Nachhaltigkeit ist an Hochschulen längst nicht nur Umwelt- oder Klimaforschung. Die 17 sogenannten Sustainable Development Goals, kurz SDGs, der Vereinten Nationen berühren viele Bereiche von Gesundheit über Gleichstellung bis hin zu Innovation und Infrastruktur. Eine aktuelle CHE Analyse zeigt: Professor*innen aller untersuchten Studienfächer an deutschen Hochschulen leisten Beiträge zur Nachhaltigen Entwicklung, jedoch mit unterschiedlichen Schwerpunkten.
Alle Fächer leisten Beiträge – aber nicht zu denselben SDGs
Welche Beiträge leisten Professorinnen und Professoren der verschiedenen Fächer an deutschen Hochschulen im Rahmen von Forschung, Lehre und Transfer zu den Sustainable Development Goals (SDGs) der Vereinten Nationen?

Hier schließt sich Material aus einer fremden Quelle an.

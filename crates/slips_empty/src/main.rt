#![tactic(auto)]
// slips: runs a script of calls on a fresh store and prints the answers.
// By hand: a crate for each input of the gate, where a program has one standard input.
fn main(rt: HostRuntime) {
    program::run(&mut rt.stdin(), &mut rt.stdout());
}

Dieser Frage geht der aktuelle DatenCHECK des CHE Centrum für Hochschulentwicklung nach. Die Auswertung zeigt: Die befragten Professor*innen berichten in allen untersuchten Fächern über Bezüge ihrer Tätigkeit zu nachhaltiger Entwicklung. Diese fallen jedoch je nach Disziplin sehr unterschiedlich aus.
So zeigen sich etwa besonders häufige Beiträge gesundheitsbezogener Fächer zu SDG 3 „Gesundheit und Wohlergehen“, ingenieurwissenschaftlicher Fächer zu SDG 9 „Industrie, Innovation und Infrastruktur“ oder geowissenschaftlich-planerischer Fächer zu SDG 13 „Maßnahmen zum Klimaschutz“.
9.500 Professor*innen bewerten ihren Beitrag zu Nachhaltigkeitszielen
„In allen Fächern übernehmen Professorinnen und Professoren Verantwortung im Kontext nachhaltiger Entwicklung“, bilanziert Nina Horstmann. „Dabei setzen sie in Lehre, Forschung und Transfer häufig Schwerpunkte auf Nachhaltigkeitsziele, die eine besondere fachliche Nähe zu den jeweiligen Disziplinen aufweisen“, sagt die Autorin des DatenCHECKs. So adressiert etwa das Fach Architektur in besonderem Maße Fragen nachhaltiger Städte und Gemeinden, das Fach Politikwissenschaft Themen im Bereich Frieden, Gerechtigkeit und starke Institutionen, während die Geowissenschaften einen starken Fokus auf den Klimaschutz legen. Grundlage der Analyse sind Angaben von mehr als 9.500 Professor*innen aus 31 Fächern und Fächergruppen an deutschen Hochschulen. Die Befragung fand im Rahmen des CHE Hochschulrankings zwischen 2022 und 2025 statt.
Diskussionsgrundlage für Fachbereiche und Hochschulen
Die Ergebnisse zeigen keine Rangliste „nachhaltiger“ oder „weniger nachhaltiger“ Fächer. Vielmehr entsteht eine fachbezogene Landkarte unterschiedlicher Nachhaltigkeitsprofile. Einige SDGs sind über viele Fächer hinweg sichtbar, andere konzentrieren sich stärker auf einzelne disziplinäre Anker.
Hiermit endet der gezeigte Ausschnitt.